Khan admitted to meeting with Ilyas Kashmiri, a leader of the Kashmir
independence movement, twice within the last decade. On the second
meeting, in 2008, Khan, having reason to believe Kashmiri was working
with al Qaeda, gave Kashmiri between $200 and $250 worth of Pakistani
rupees in his fight against India.
Khan then sent about $930 worth of rupees from Chicago to a person in
Pakistan on on Nov. 23, 2009, via Western Union, according to the FBI.

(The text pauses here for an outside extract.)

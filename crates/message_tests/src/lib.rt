//! Tests of messages of `bh_model`.
#![tactic(auto)]

#[cfg(test)]
mod messages;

He told the recipient to give Kashmiri about $300 of it. “Although Khan
intended the funds to be used by Kashmiri to support attacks against
India, he was also aware that Kashmiri was working with al Qaeda,” the
FBI said in a statement.
Undercover agents contacted Khan seeking to send money to Kashmiri,
“but only if Kashmiri was working with al Qaeda.” Khan agreed to send
the $1,000 agents offered to Kashmiri, giving it to his son who was
traveling to the UK, where he would later retrieve it. His son was
searched and arrested at a UK airport upon arrival, where seven of the
ten bills were found on him. Khan, hearing about his son, tried to plea
with one of the undercover agents to let him out of the scheme, offering
$800 back.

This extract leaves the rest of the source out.